Слуга вывел их в обеденный зал: прямоугольная готическая комнатка, с двумя массивными, на треть зажжёнными люстрами, длинным дубовым столом и резными сиденьями. Колонны, как и прежде, изобиловали мрамором, горбатые химеры таились по углам, а болезненно лиловый свет зловеще очертил фигуру Аллориума, восседавшего во главе. Как только они вошли в столовую, хранитель диадемы хлопнул в ладони и к столу потянулась змейка из покорных, неторопливых и нагло улыбающихся слуг. Они выставляли яства на подносах, томно кланялись и тут же уходили. Милан приметил деревянные таблички с именами каждого из команды напротив того места, где они должны были сидеть. Безусловно, Стефана Аллориум посадил по правую руку от себя, Деяна — слева. А вот Милан сидел вообще на противоположной от возлюбленного стороне; таким же оторванным от своего учителя оказался и Андрей. Прежде приветствия сумрачный юноша поднялся и жестом пригласил их садиться по местам.
— Доброе утро, мои дорогие друзья! Как вам отдыхалось? Было ли уютно? — его напыщенные медовые речи лились бесконечной приторной рекой из вопросов, лживых уточнений и подобострастного внимания. Стефан, как лидер команды, жертвенно взвалил на себя обязанность отвечать сдержанно и даже мягко, чтобы не оттолкнуть существо, от желания которого зависел их грандиозный план. Аллориум же, будто заранее знал, что именно Стефан станет его собеседником, засыпал его журчащей беседой, смехом, улыбками, да так, что они едва позабыли о завтраке! Спохватившись, юноша отстал от объекта своего чрезмерного внимания и обратился ко всем:
— Что ж, прошу испробовать наши скромные познания в кухонном мастерстве людей! Мы такое не едим, но я с удовольствием разделю с вами вашу трапезу… Помню, пробовал когда-то ваш кофе — что за великолепный напиток! Как горечь может быть сладка, а сладость — так печальна? — Аллориум почему-то взглянул на Стефана и склонил голову, очаровательно улыбнувшись. — Но оказывается — может быть, очень может…

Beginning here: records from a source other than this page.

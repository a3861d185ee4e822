#![tactic(auto)]

// The public calls that fire transitions: effect, arc run, replay, a run and its shadow, takings, a range of markings; replay from a lent marking. No call asks anything of its caller: bad input is refused with its number.
// A file that cannot be read ends the call there: the form for that is `let .. else` on the reader's answer at the head of each call, a rule of the project. All else is handed on by `?`.
pub mod effects;
pub mod ranges;
pub mod replays;
pub mod runs;
pub mod shadows;
pub mod starts;
pub mod takings;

Милан судорожно вздохнул и попытался успокоить уже чесавшиеся кулаки под столом. Вся эта наигранная нежность и соблазнительность бурной рекой неслась на одного лишь Стефана. Второй стул от начала — вроде бы, не так далеко, но Милан уже терял контроль над беседой и просто так не мог вставить едкое словечко, дабы сбить градус накалявшегося флирта. Стефан, вынужденный держать себя в рамках приличия, кидал на него умоляющие взгляды и отбивался от удушающего внимания Аллориума.
Как и договаривались, ребята ели мало, но попробовали всего понемногу, поэтому сумрачный хранитель даже не сумел укорить их в презрении. Кофе всё-таки пили — на вкус он оказался изумительным, да и Аллориум хлестал его, как воду. Беседа поначалу велась самая обыкновенная и невзыскательная: Стефан коротко поведал о жизни в Мараце, о Драгане и свадьбе Вивиана и Ксалты. В детали плана, как и рассказ об уже найденных фрагментах, углубляться не стал: нечего Аллориуму было знать, что от его решения зависело раскрытие тайны! Сумрачный юноша и не интересовался этим, лишь вскользь спросил про младшего дядю Стефана и равнодушно дёрнул красивыми тонкими бровями, услыхав про его всё ещё длившуюся болезнь. Конечно, он знал, но почему-то решил спросить, и Милан почувствовал: сейчас-то разговор и пойдёт по кривой дорожке…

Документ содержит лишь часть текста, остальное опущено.